WHAT IS EXPECTED: Pick the lines holding the string "returns" out of the records and copy them.

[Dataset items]

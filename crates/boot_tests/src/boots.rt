//! Boots with gates, of each number of turns, with streams that are handed over, and with refused allocations. The
//! built program boots more scripts, of all kinds, in `tools/test-programs`.

mod gates;
mod kinds;
mod memory;
mod passes;
mod streams;

use boot_script::Sink;
use std::alloc::Global;
use std::process::Abort;
use std::sync::Wait;
use std::thread::Threads;
use synth_kernel::*;

/// How a script ends, and what it prints.
#[derive(Clone, Copy)]
struct Wanted<'a> {
    ended: Ended,
    printed: &'a [u8],
}

/// The expected outcome if all threads end.
fn all_ended(printed: &str) -> Wanted<'_> {
    Wanted {
        ended: Ended::AllEnded,
        printed: printed.as_bytes(),
    }
}

/// The expected outcome if so many threads don't end.
fn unfinished(live: usize, printed: &str) -> Wanted<'_> {
    Wanted {
        ended: Ended::Unfinished { live },
        printed: printed.as_bytes(),
    }
}

/// Boots a script on one processor with so many turns, and asserts that it had so many.
fn boot_alone<R: Threads + Wait + Sync + Abort, O: Sink>(
    rt: &R,
    alloc: Global,
    script: &[u8],
    output: &mut O,
    turns: u32,
) -> Result<Ended, BootFault> {
    let mut reader = script;
    let booted = boot_on(rt, alloc, &mut reader, output, 1, turns)?;
    assert!(rt; booted.processors() == 1 && booted.turns() == turns);
    Ok(booted.ended())
}

/// Asserts the outcome and the output of a script that is booted on one processor with so many turns.
fn assert_boot<R: Threads + Wait + Sync + Abort>(
    rt: &R,
    alloc: Global,
    script: &str,
    turns: u32,
    wanted: Wanted<'_>,
) {
    let mut output: Vec<u8> = Vec::new(alloc);
    let Ok(ended) = boot_alone(rt, alloc, script.as_bytes(), &mut output, turns) else {
        panic!(rt; "no boot")
    };
    assert!(rt; ended == wanted.ended);
    assert!(rt; output.as_slice() == wanted.printed);
}
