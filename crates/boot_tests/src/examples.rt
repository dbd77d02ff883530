//! The example of the first page of `synth_kernel`, word for word.

use std::test::*;
use synth_kernel::{Ended, boot};

#[test]
fn a_line_that_is_said(rt: HostRuntime) {
    let script = b"synthesis 1\nqueue out\nthread a\nsay out hi\n".as_slice();
    let mut report = Vec::new(rt.alloc());
    let ended = boot(&rt, rt.alloc(), script, &mut report, 1, 100);
    assert!(rt; ended == Ok(Ended::AllEnded));
    let printed = b"queue out put 3 taken 0 left 3\nthread a ended 1\nchained 0\n".as_slice();
    assert!(rt; report.as_slice() == printed);
}
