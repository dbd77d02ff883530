//! A whole kernel: its objects, its first station, its works, and its run.
ghost use Rattle.std.specs.Prelude.{◌≡◌, ◌+◌, ◌≤◌, All, length, vec_len};
ghost use Rattle.boot_threads.specs.Works.{MayWork};
ghost use Rattle.processor.specs.Preparing.{IsPrepared};

use crate::fixtures::room_for;
use boot_objects::{Objects, make_objects};
use boot_script::parse_boot;
use boot_threads::*;
use processor::{Shared, Station};
use spsc_line::LineIn;
use std::alloc::Global;
use std::panic::Expect;
use std::process::Abort;
use std::sync::Wait;
use std::thread::Threads;
use turn_io::NoGate;

/// Two ttys, bytes for one of them, and a thread that hears a line.
const SCRIPT: &[u8] =
    b"synthesis 3\ntty t\ntype t hi\ntty u\ngauge g\nthread v\nhear t.line\nalarm 2 v 3";

/// The objects of a kernel before its threads start.
#[derive(Drop)]
struct Kernel {
    shared: Shared,
    station: Station,
    works: Vec<Work<NoGate>>,
    lines: Vec<LineIn>,
}

/// A kernel with a processor for each gate.
fn make_kernel<R: Abort + Wait>(rt: &R, alloc: Global, gates: Vec<NoGate>, turns: u32) -> Kernel
    requires { vec_len gates ≤ 8 }
    ensures number { (vec_len result.works ≡ vec_len gates + length result.shared.plan.ttys)
        × (vec_len result.lines ≡ length result.shared.plan.ttys) }
    ensures may { All (MayWork result.shared) result.works.items }
    ensures prepared { IsPrepared result.shared.plan result.station.parts }
{
    first_is_prepared();
    first_is_ready();
    works_may_run::<NoGate>();
    let plan = parse_boot(alloc, SCRIPT).expect(rt, "script");
    let Ok(made) = make_objects(alloc, plan) else {
        panic!(rt; "memory")
    };
    let Objects {
        shared,
        station,
        devices,
    } = made;
    let works = room_for(rt, alloc, gates.len() + devices.len());
    let lines = room_for(rt, alloc, devices.len());
    let mut station = prepare_station(rt, &shared, station);
    let Ok(works) = post_all(alloc, &shared, &mut station, turns, gates, works) else {
        panic!(rt; "memory")
    };
    let (works, lines) = add_devices(shared.plan.ttys.as_slice(), devices, works, lines);
    Kernel {
        shared,
        station,
        works,
        lines,
    }
}

/// The gates of two processors.
fn two_gates<R: Abort>(rt: &R, alloc: Global) -> Vec<NoGate>
    ensures { vec_len result ≡ 2 }
{
    let Ok(gates) = vec![in alloc; NoGate, NoGate] else {
        panic!(rt; "memory")
    };
    gates
}

/// Runs the works of two processors and of the devices, and returns what comes back.
fn run_works<R: Threads + Wait + Sync + Abort>(
    rt: &R,
    alloc: Global,
    shared: &Shared,
    works: Vec<Work<NoGate>>,
    lines: Vec<LineIn>,
) -> (Vec<Back<NoGate>>, Vec<LineIn>)
    requires may { All (MayWork shared.now) works.items }
    requires number { vec_len works ≡ 2 + length shared.now.plan.ttys }
    requires lines { vec_len lines ≡ length shared.now.plan.ttys }
{
    let handles = room_for(rt, alloc, works.len());
    let backs = room_for(rt, alloc, works.len());
    let typed = room_for(rt, alloc, lines.len());
    run_kernel(rt, shared, works, 2, handles, backs, lines, typed)
}

/// How many processors came back, how many devices, and how many bytes these refused.
fn counted(backs: &[Back<NoGate>]) -> (u64, u64, u64) {
    let mut counts = (0u64, 0u64, 0u64);
    for back in backs {
        match back {
            Ok(Worked::Processed(_)) => counts.0 = counts.0.wrapping_add(1),
            Ok(Worked::Served { line: _, tty }) => {
                counts.1 = counts.1.wrapping_add(1);
                counts.2 = counts.2.wrapping_add(tty.overruns());
            }
            Err(_) => {}
        }
    }
    counts
}

/// Two processors and the devices of two ttys run, and all come back; no byte was refused.
#[test]
fn all_come_back(rt: HostRuntime) {
    let gates = two_gates(&rt, rt.alloc());
    let Kernel {
        shared,
        station: _rest,
        works,
        lines,
    } = make_kernel(&rt, rt.alloc(), gates, 3);
    let (backs, typed) = run_works(&rt, rt.alloc(), &shared, works, lines);
    assert!(rt; counted(backs.as_slice()) == (2, 2, 0));
    assert!(rt; typed.len() == 2);
}
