//! Sorting the lines heard, and room for a report.

use crate::fixtures::plan_if_given;
use boot_data::{BootPlan, HeardPlace};
use boot_report::*;
use event_theory::OutOfMemory;
use std::alloc::Global;
use std::process::Abort;
use std::test::*;

/// A script with a thing of each kind.
const SCRIPT: &[u8] =
    b"synthesis 3\nqueue a\npipe b 0 1\ntty t\ntype t hi\npump p a b\nswitch s b a x a\ngauge g\nthread v\nsay a hi\nhear b\nhear t.line\nalarm 2 v 3";

/// The place of a line that this processor heard, by its number.
fn place(thread: u8, step: u8, processor: usize, number: usize) -> HeardPlace {
    HeardPlace {
        thread,
        step,
        processor,
        number,
    }
}

/// Asserts that this is the place of a line of the thread and the step.
fn assert_place<R: Abort>(rt: &R, found: &HeardPlace, line: (u8, u8), at: (usize, usize)) {
    assert!(rt; (found.thread, found.step) == line);
    assert!(rt; (found.processor, found.number) == at);
}

/// The places of lines heard are sorted in place, by thread, and then by step.
#[test]
fn sorts_what_was_heard(rt: HostRuntime) {
    let mut all = [place(1, 0, 0, 0), place(0, 2, 1, 0), place(0, 1, 0, 1)];
    sort_heard(&mut all);
    let [first, second, third] = &all;
    assert_place(&rt, first, (0, 1), (0, 1));
    assert_place(&rt, second, (0, 2), (1, 0));
    assert_place(&rt, third, (1, 0), (0, 0));
}

/// Takes the room for this plan, and returns whether there was memory.
fn has_lines<R: Abort>(rt: &R, alloc: Global, plan: &BootPlan) -> bool {
    match Lines::new(alloc, plan) {
        Ok(_) => true,
        Err(error) => {
            assert!(rt; error == OutOfMemory);
            false
        }
    }
}

/// Takes the room once, and returns whether there was memory.
fn has_room<R: Abort>(rt: &R, alloc: Global) -> bool {
    match plan_if_given(rt, alloc, SCRIPT) {
        Some(plan) => has_lines(rt, alloc, &plan),
        None => false,
    }
}

/// If an allocation is refused there are no lines, and the next try has them.
#[test]
fn memory_may_run_out(rt: HostRuntime) {
    let mut made = false;
    for _ in 0..4u8 {
        made |= has_room(&rt, rt.alloc());
    }
    assert!(rt; made);
}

FINISHED EXERCISE:
/// Runs the works of two processors and of the devices, and returns what comes back.
/// Takes the room for this plan, and returns whether there was memory.
/// Takes the room once, and returns whether there was memory.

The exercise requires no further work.